The use of bioplastics is still limited, accounting for <1% of the plastic market in 2017 (European Bioplastics Market Data, 2017), but bioplastics have been predicted to have a 40% share by 2030 (Energy and Gold, 2016). To spread widely, a variety of issues need to be addressed, such as the development of industrial manufacturing and composting sites (Narancic and O'Connor, 2019), and a reduction in manufacturing costs. In addition to resolving supply and structural issues, there is a need to consider factors likely to drive the bioplastic market, such as increasing consumer awareness and the demand for sustainable products (Zhao et al., 2020).

However, the general population in many countries still seems unfamiliar with the bioplastic. One study reported that 57% of the German public had never even heard of bioplastics and that only ~7% of them knew exactly what bioplastics were (Blesin et al., 2017). Similar levels of comprehension have been reported in Australia; Hoffman et al. (2019) surveyed 2,518 nationally representative Australians and reported that the Australian public's knowledge of bioplastics is low, but perception, particularly of biodegradable plastics, is positive. Klein et al. (2019) surveyed 1,673 nationally representative German and reported sociodemographic characteristics (i.e., gender, age, and education) have no significant influence on the attitude toward bioplastics, and indicated that it is necessary to improve knowledge concerning bioplastics including the understanding of the difference between bio-based and biodegradable plastics, that are often considered similar but with different properties, in order to expand the use of bioplastics.

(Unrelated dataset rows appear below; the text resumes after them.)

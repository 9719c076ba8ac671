//! How desks are ended, and what is left of them.

use paris_audit::{audit, audit_with};
use paris_desk::{Cause, CloseFault, Closed, Desk, Office, Receipt, Seat, close};
use paris_events::{Event, Reply};
use paris_names::{Fault, Profile};
use std::alloc::Global;
use std::process::Abort;
use std::sync::Wait;

/// A change to what is left of a closed desk, by which history and receipts don't agree any more.
#[derive(Clone, Copy)]
pub(crate) enum Spoil {
    /// The lists of the first two seats trade places.
    TradesLists,
    /// The last seat's list is gone.
    LosesAList,
    /// The last seat's last receipt is gone.
    LosesAReceipt,
    /// The last entry is gone.
    LosesAnEntry,
    /// The last entry is of the first seat.
    EntryNamesAnotherSeat,
    /// The last seat's last receipt is of the first seat.
    ReceiptNamesAnotherSeat,
    /// The last seat's last receipt has this number.
    ReceiptHasNumber(u64),
    /// The last seat's last receipt is of a look at the rows.
    TellsAnotherEvent,
    /// The last seat's last receipt is of another reply.
    TellsAnotherReply,
    /// The first entry and the first seat's first receipt are of the same reply, which the book doesn't make.
    TellsAReplyThatIsNotMade,
}

/// How a desk is ended.
#[derive(Clone, Copy)]
pub(crate) enum Ending {
    /// It is let go.
    IsDiscarded,
    /// It is closed. The seats have so many receipts, by number, and history and receipts agree.
    Closes(&'static [usize]),
    /// It is closed, and so it is with its history and receipts in profile 2, in which they agree. In profile 1 they don't.
    ClosesInTwo(&'static [usize]),
    /// It isn't closed without the seat at this place, which has this number, and then it is.
    Misses(usize, &'static [usize]),
    /// It is closed, and what is left is changed.
    IsSpoilt(Spoil),
}

/// What is left of a desk that is closed with all its seats.
fn left_of<L: Office>(rt: &(impl Abort + Wait), desk: Desk<L>, seats: Vec<Seat<L>>) -> Closed {
    match close(rt, desk, seats) {
        Ok(closed) => closed,
        Err(fault) => {
            let CloseFault {
                desk,
                seats: _seats,
                cause: _,
            } = fault;
            desk.discard(rt);
            None.expect(rt, "it is closed")
        }
    }
}

/// The desk and the seats that come back, since the seat of a number is missing.
fn back_of<L: Office>(
    rt: &(impl Abort + Wait),
    desk: Desk<L>,
    seats: Vec<Seat<L>>,
    number: u64,
) -> (Desk<L>, Vec<Seat<L>>) {
    let count = seats.len();
    let fault = close(rt, desk, seats).err().expect(rt, "a seat is missing");
    let CloseFault { desk, seats, cause } = fault;
    assert!(rt; cause == Cause::Missing(number) && seats.len() == count);
    (desk, seats)
}

/// What is left of a desk that is closed first without the seat at a place, and then with it.
fn left_at_last<L: Office>(
    rt: &(impl Abort + Wait),
    desk: Desk<L>,
    seats: Vec<Seat<L>>,
    place: usize,
) -> Closed {
    let mut seats = seats;
    assert!(rt; place < seats.len());
    let missing = seats.remove(place);
    let (desk, mut seats) = back_of(rt, desk, seats, place as u64);
    seats.push(missing).ok().expect(rt, "there is memory");
    left_of(rt, desk, seats)
}

/// Whether the lists have so many receipts, and the history has no other entries.
fn has_counts(closed: &Closed, counts: &[usize]) -> bool {
    let mut left = closed.history.len();
    if closed.receipts.len() != counts.len() {
        return false;
    }
    for (receipts, count) in closed.receipts.iter().zip(counts.iter()) {
        if receipts.len() != *count || receipts.len() > left {
            return false;
        }
        left -= receipts.len();
    }
    left == 0
}

fn is_agreed(alloc: Global, closed: &Closed) -> Result<bool, Fault> {
    Ok(audit(alloc, &closed.history, &closed.receipts)?)
}

/// Whether the lists have so many receipts, and agree with the history, which has no other entries.
fn agrees(alloc: Global, closed: &Closed, counts: &[usize]) -> Result<bool, Fault> {
    Ok(is_agreed(alloc, closed)? && has_counts(closed, counts))
}

/// Whether the lists have so many receipts, and agree with the history in profile 2 and not in profile 1.
fn agrees_in_two(alloc: Global, closed: &Closed, counts: &[usize]) -> Result<bool, Fault> {
    let is_so = audit_with(alloc, Profile::Two, &closed.history, &closed.receipts)?;
    let is_so_in_one = audit_with(alloc, Profile::One, &closed.history, &closed.receipts)?;
    Ok(is_so && !is_so_in_one && !is_agreed(alloc, closed)? && has_counts(closed, counts))
}

/// The last seat's last receipt.
fn last_receipt<'a>(rt: &impl Abort, closed: &'a mut Closed) -> &'a mut Receipt {
    let list = closed.receipts.last_mut().expect(rt, "there is a list");
    list.last_mut().expect(rt, "there is a receipt")
}

/// Changes the reply of the first call, where it was made and where it was recorded.
fn tell_another_reply(rt: &impl Abort, closed: &mut Closed) {
    let entry = closed.history.first_mut().expect(rt, "there is an entry");
    entry.reply = Reply::Edit(Err(Fault::SetsFull));
    let list = closed.receipts.first_mut().expect(rt, "there is a list");
    let receipt = list.first_mut().expect(rt, "there is a receipt");
    receipt.reply = Reply::Edit(Err(Fault::SetsFull));
}

fn make_change(rt: &impl Abort, closed: &mut Closed, change: Spoil) {
    match change {
        Spoil::TradesLists => {
            assert!(rt; closed.receipts.len() > 1);
            closed.receipts.swap(0, 1);
        }
        Spoil::LosesAList => {
            let _list = closed.receipts.pop().expect(rt, "there is a list");
        }
        Spoil::LosesAReceipt => {
            let list = closed.receipts.last_mut().expect(rt, "there is a list");
            let _receipt = list.pop().expect(rt, "there is a receipt");
        }
        Spoil::LosesAnEntry => {
            let _entry = closed.history.pop().expect(rt, "there is an entry");
        }
        Spoil::EntryNamesAnotherSeat => {
            let entry = closed.history.last_mut().expect(rt, "there is an entry");
            entry.seat = 0;
        }
        Spoil::ReceiptNamesAnotherSeat => last_receipt(rt, closed).seat = 0,
        Spoil::ReceiptHasNumber(number) => last_receipt(rt, closed).number = number,
        Spoil::TellsAnotherEvent => last_receipt(rt, closed).event = Event::List,
        Spoil::TellsAnotherReply => last_receipt(rt, closed).reply = Reply::Release,
        Spoil::TellsAReplyThatIsNotMade => tell_another_reply(rt, closed),
    }
}

/// Whether history and receipts agree, and with a change don't.
fn is_found(
    rt: &impl Abort,
    alloc: Global,
    closed: &mut Closed,
    change: Spoil,
) -> Result<bool, Fault> {
    let was_agreed = is_agreed(alloc, closed)?;
    make_change(rt, closed, change);
    Ok(was_agreed && !is_agreed(alloc, closed)?)
}

/// Ends a desk, and says whether what is left is as it must be.
pub(crate) fn ends<L: Office>(
    rt: &(impl Abort + Wait),
    alloc: Global,
    desk: Desk<L>,
    seats: Vec<Seat<L>>,
    ending: Ending,
) -> Result<bool, Fault> {
    match ending {
        Ending::IsDiscarded => {
            desk.discard(rt);
            Ok(true)
        }
        Ending::Closes(counts) => agrees(alloc, &left_of(rt, desk, seats), counts),
        Ending::ClosesInTwo(counts) => agrees_in_two(alloc, &left_of(rt, desk, seats), counts),
        Ending::Misses(place, counts) => {
            agrees(alloc, &left_at_last(rt, desk, seats, place), counts)
        }
        Ending::IsSpoilt(change) => is_found(rt, alloc, &mut left_of(rt, desk, seats), change),
    }
}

It has been noted that providing information is effective in helping people choose sustainable products (Emberger-Klein and Menrad, 2018; Zhou et al., 2019). The need for information provision is also demonstrated in the field of bioplastics because consumers' perceptions have been found to be mixed: the term “bio” has been found to have both positive associations in terms of “naturalness” and in being “environmentally friendly,” and negative associations in that it is linked to greater expense food shortages, deforestation, and inconvenience (Sijtsema et al., 2016; Blesin et al., 2017; Lynch et al., 2017). Lynch et al. (2017) indicated that citizens require reliable information on bioplastics to form their own opinion. In the case of Italian consumers, it has been found that providing relevant information increased the likelihood of choosing bioplastics as an alternative to single-use water bottles (Marchi et al., 2020).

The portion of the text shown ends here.